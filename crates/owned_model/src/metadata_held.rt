ghost use Rattle.std.specs.Prelude.{◌≡◌, ◌≤◌, None};
ghost use Rattle.tables.specs.Said.{said};
ghost use Rattle.metadata.specs.Metadata.{Metadata, count_in};
ghost use Rattle.metadata.specs.Valid.{row_in};
ghost use Rattle.metadata.specs.KeyOrder.{key_in, key_number};

use crate::valid_model::Model;
use metadata::row_number;
use metadata_source::{MemberList, ReadCells, ReadMetadata, SignatureBytes};
use reading::{CellRef, RunCursors};
use rows::ColumnNumbers;
use signatures::encode;
use std::alloc::{AllocError, Global};
use table_schema::{ColumnKind, SigKind, TableId, column_of_cell, columns};
use tables::Cell;

impl ReadMetadata for Model {
    ghost shows = { λ model other. model ≡ other };

    ghost row_count = { count_in };

    ghost key_number = { key_in };

    fn holds_one(&self) {
        let _tables = self.tables();
    }

    fn version(&self) -> &str {
        Model::version(self)
    }

    fn user(&self) -> &[u8] {
        // The user strings of a valid model are padded.
        let _tables = self.tables();
        Model::user(self)
    }

    fn count(&self, table: TableId) -> u32 {
        Model::count(self, table)
    }

    fn start(&self, list: MemberList, row: u32) -> u32 {
        // The cell is one of a valid model.
        let _tables = self.tables();
        match self.cell(list.owner(), row, list.cell()) {
            Cell::Start(start) => *start,
            _ => unreachable!(),
        }
    }

    fn is_text(&self, table: TableId, row: u32, cell: usize, sought: &str) -> bool {
        match self.cell(table, row, cell) {
            Cell::Text(text) => text.as_str() == sought,
            _ => false,
        }
    }

    fn key(&self, table: TableId, row: u32, cell: usize) -> u32 {
        // The cell is one of a valid model.
        let _tables = self.tables();
        let kind = columns(table)[column_of_cell(table, cell)].kind;
        let key = self.cell(table, row, cell);
        key_number(kind, key)
    }

    fn in_order(&self, table: TableId) -> bool {
        Model::in_order(self, table)
    }
}

impl ReadCells for Model {
    ghost heap_index = { λ model id. None };

    // The starts of its cells are never null, so it asks nothing of cursors.
    ghost follow = { λ model cursors. Unit {0} };

    fn shared_blobs_are_one(&self) {}

    fn index_in_heap(&self, _table: TableId, _row: u32, _cell: usize) -> Option<u32> {
        None
    }

    fn column_numbers(&self, _table: TableId, _cell: usize) -> Option<ColumnNumbers<'_>> {
        None
    }

    fn strings_heap(&self) -> Option<&[u8]> {
        None
    }

    fn blob_heap(&self) -> Option<&[u8]> {
        None
    }

    fn run_cursors(&self) -> RunCursors {
        RunCursors::new()
    }

    fn cell_onward(
        &self,
        _cursors: &mut RunCursors,
        table: TableId,
        row: u32,
        cell: usize,
    ) -> CellRef<'_> {
        ReadCells::cell(self, table, row, cell)
    }

    fn cell(&self, table: TableId, row: u32, cell: usize) -> CellRef<'_> {
        // The cell is one of a valid model.
        let _tables = self.tables();
        match Model::cell(self, table, row, cell) {
            Cell::Number(number) => CellRef::Number(*number),
            Cell::Text(text) => CellRef::Text(text.as_str()),
            Cell::Bytes(blob) => CellRef::Bytes(blob.as_slice()),
            Cell::Guid(guid) => CellRef::Guid(*guid),
            Cell::Ref(reference) => CellRef::Ref(*reference),
            Cell::Start(row) => CellRef::Start(*row),
            Cell::Sig(_) => unreachable!(),
        }
    }

    fn signature(
        &self,
        alloc: Global,
        _kind: SigKind,
        table: TableId,
        row: u32,
        cell: usize,
    ) -> Result<SignatureBytes<'_>, AllocError> {
        // The cell is one of a valid model.
        let _tables = self.tables();
        match Model::cell(self, table, row, cell) {
            Cell::Sig(signature) => Ok(SignatureBytes::Canonical(encode(alloc, signature)?)),
            _ => unreachable!(),
        }
    }
}

/// The key number of a cell in a column of a kind (II.24.2.6). Null is 0.
fn key_number(kind: ColumnKind, cell: &Cell) -> u32
    requires { row_in (said cell.now) ≤ 0xFFFFFF }
    ensures { result ≡ key_number kind (said cell.now) }
{
    match cell {
        Cell::Ref(Some(token)) => row_number(kind, *token) as u32,
        _ => 0,
    }
}
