ghost use Rattle.std.specs.Prelude.{◌≡◌, IfOk};
ghost use Rattle.metadata.specs.Metadata.{Metadata};
ghost use Rattle.metadata.specs.Model.{IsModel};
ghost use Rattle.metadata.specs.Valid.{IsValid};
ghost use Rattle.owned_model.specs.Models.{ReportsOrder};

use crate::table_rows::load_tables;
use crate::valid_model::Model;
use heap_entries::copy_padded;
use opening::View;
use std::alloc::{AllocError, Global};
use tables::Tables;

/// The tables of the one model of a view's metadata root. They are valid.
fn tables_of(alloc: Global, view: &View) -> Result<Tables, AllocError>
    ensures model { (model : Metadata) → IsModel view.now model → IfOk result (λ tables. tables ≡ model) }
    ensures valid { IfOk result (λ tables. ∥ IsValid tables ∥₁) }
{
    metadata::laws::models_are_read();
    metadata::laws::models_of_roots_are_valid();
    // The root has a model.
    let _root = view.root();
    let mut tables = Tables::new(alloc, view.version())?;
    tables.set_user(copy_padded(alloc, view.user())?);
    load_tables(alloc, view, &mut tables)?;
    Ok(tables)
}

/// Whether each table with a key is in order of it, by table number, as opening found it.
fn order_of(view: &View, tables: &Tables) -> [bool; 45]
    requires { (model : Metadata) → IsModel view.now model → tables.now ≡ model }
    ensures { ReportsOrder tables.now result }
{
    metadata::laws::keys_are_in_order();
    // The root has a model.
    let _root = view.root();
    view.found().in_order
}

/// A value that can be converted to a model.
pub trait ToModel {
    ghost use Rattle.std.specs.Prelude.{◌≡◌, IfOk};
    ghost use Rattle.metadata.specs.Metadata.{Metadata};

    ghost has_model: { Self → Metadata → Type 0 };

    /// The one model, which owns its content. The only error is out of memory.
    fn model(&self, alloc: Global) -> Result<Model, AllocError>
        ensures { (model : Metadata) → has_model self.now model → IfOk result (λ loaded. loaded ≡ model) };
}

impl ToModel for View<'_> {
    ghost use Rattle.metadata.specs.Model.{IsModel};

    ghost has_model = { λ view model. IsModel view model };

    /// The one model of the root, which owns its content. The only error is out of memory.
    ///
    /// Nothing is checked again. The cost is linear in the size of the root, and in the sizes of the strings and blobs,
    /// once for each cell.
    fn model(&self, alloc: Global) -> Result<Model, AllocError>
        ensures model { (model : Metadata) → IsModel self.now model → IfOk result (λ loaded. loaded ≡ model) }
        ensures sound { IfOk result (λ loaded. ∥ IsModel self.now loaded ∥₁) }
    {
        // The root has a model.
        let _root = self.root();
        let tables = tables_of(alloc, self)?;
        let in_order = order_of(self, &tables);
        Ok(Model::of_valid(tables, in_order))
    }
}
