ghost use Rattle.std.specs.Prelude.{◌≡◌, ◌≤◌, ◌<◌, IfOk};
ghost use Rattle.table_schema.specs.CellColumns.{cell_count};
ghost use Rattle.metadata.specs.Cell.{Cell as Says};
ghost use Rattle.metadata.specs.Metadata.{Metadata, cell_in};
ghost use Rattle.metadata.specs.Model.{IsModel};
ghost use Rattle.reading.specs.Shown.{Shows, ShowsSignature};
ghost use Rattle.tables.specs.Said.{said};
ghost use Rattle.opening.specs.Views.{HasModel, row_count};

use opening::{CellRef, TableId, View};
use signatures::{SigError, decode};
use std::alloc::{AllocError, Global};
use table_schema::{column_of_cell, columns};
use tables::{Bytes, Cell, ColumnKind, Text};

/// Decodes the signature that a blob encodes in a column of signatures.
fn own_signature(alloc: Global, blob: &[u8], kind: ColumnKind) -> Result<Cell, AllocError>
    requires { ∥ ((cell : Says) × ShowsSignature kind blob.now cell) ∥₁ }
    ensures { (cell : Says) → ShowsSignature kind blob.now cell → IfOk result (λ owned. said owned ≡ cell) }
{
    match kind {
        ColumnKind::Signature(column) => match decode(alloc, blob, column) {
            Ok(signature) => Ok(Cell::Sig(signature)),
            Err(SigError::Memory) => Err(AllocError),
            Err(SigError::Bad) => unreachable!(),
        },
        _ => unreachable!(),
    }
}

/// Makes the cell that a value in place stands for, with a copy of its string or bytes.
fn own_cell(alloc: Global, seen: CellRef, kind: ColumnKind) -> Result<Cell, AllocError>
    requires { ∥ ((cell : Says) × Shows kind seen cell) ∥₁ }
    ensures { (cell : Says) → Shows kind seen.entry cell → IfOk result (λ owned. said owned ≡ cell) }
{
    match seen {
        CellRef::Number(number) => Ok(Cell::Number(number)),
        CellRef::Text(text) => Ok(Cell::Text(Text::from(String::from_str(alloc, text)?))),
        CellRef::Bytes(blob) => Ok(Cell::Bytes(Bytes::from(blob.to_vec(alloc)?))),
        CellRef::Guid(guid) => Ok(Cell::Guid(guid)),
        CellRef::Ref(reference) => Ok(Cell::Ref(reference)),
        CellRef::Start(row) => Ok(Cell::Start(row)),
        CellRef::Sig(blob) => own_signature(alloc, blob, kind),
    }
}

/// Loads a cell of a row, by the index of the cell in the row.
pub fn load_cell(
    alloc: Global,
    view: &View,
    table: TableId,
    row: u32,
    column: usize,
) -> Result<Cell, AllocError>
    requires first { 1 ≤ row }
    requires last { row ≤ row_count view.now table }
    requires column { column < cell_count table }
    ensures { (model : Metadata) → IsModel view.now model → IfOk result (λ cell. said cell ≡ cell_in model table row column) }
{
    // The metadata root has a model.
    let _root = view.root();
    let kind = columns(table)[column_of_cell(table, column)].kind;
    own_cell(alloc, view.cell(table, row, column), kind)
}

__PROBLEM REQUIREMENTS__
Beginning of the records through the line with "impl ReadCells for": return that span exactly and stop there.

__OUTPUT BELOW__
filename crates/owned_model/src/metadata_held.rt
ghost use Rattle.std.specs.Prelude.{◌≡◌, ◌≤◌, None};
ghost use Rattle.tables.specs.Said.{said};
ghost use Rattle.metadata.specs.Metadata.{Metadata, count_in};
ghost use Rattle.metadata.specs.Valid.{row_in};
ghost use Rattle.metadata.specs.KeyOrder.{key_in, key_number};

use crate::valid_model::Model;
use metadata::row_number;
use metadata_source::{MemberList, ReadCells, ReadMetadata, SignatureBytes};
use reading::{CellRef, RunCursors};
use rows::ColumnNumbers;
use signatures::encode;
use std::alloc::{AllocError, Global};
use table_schema::{ColumnKind, SigKind, TableId, column_of_cell, columns};
use tables::Cell;

impl ReadMetadata for Model {
    ghost shows = { λ model other. model ≡ other };

    ghost row_count = { count_in };

    ghost key_number = { key_in };

    fn holds_one(&self) {
        let _tables = self.tables();
    }

    fn version(&self) -> &str {
        Model::version(self)
    }

    fn user(&self) -> &[u8] {
        // The user strings of a valid model are padded.
        let _tables = self.tables();
        Model::user(self)
    }

    fn count(&self, table: TableId) -> u32 {
        Model::count(self, table)
    }

    fn start(&self, list: MemberList, row: u32) -> u32 {
        // The cell is one of a valid model.
        let _tables = self.tables();
        match self.cell(list.owner(), row, list.cell()) {
            Cell::Start(start) => *start,
            _ => unreachable!(),
        }
    }

    fn is_text(&self, table: TableId, row: u32, cell: usize, sought: &str) -> bool {
        match self.cell(table, row, cell) {
            Cell::Text(text) => text.as_str() == sought,
            _ => false,
        }
    }

    fn key(&self, table: TableId, row: u32, cell: usize) -> u32 {
        // The cell is one of a valid model.
        let _tables = self.tables();
        let kind = columns(table)[column_of_cell(table, cell)].kind;
        let key = self.cell(table, row, cell);
        key_number(kind, key)
    }

    fn in_order(&self, table: TableId) -> bool {
        Model::in_order(self, table)
    }
}

impl ReadCells for Model {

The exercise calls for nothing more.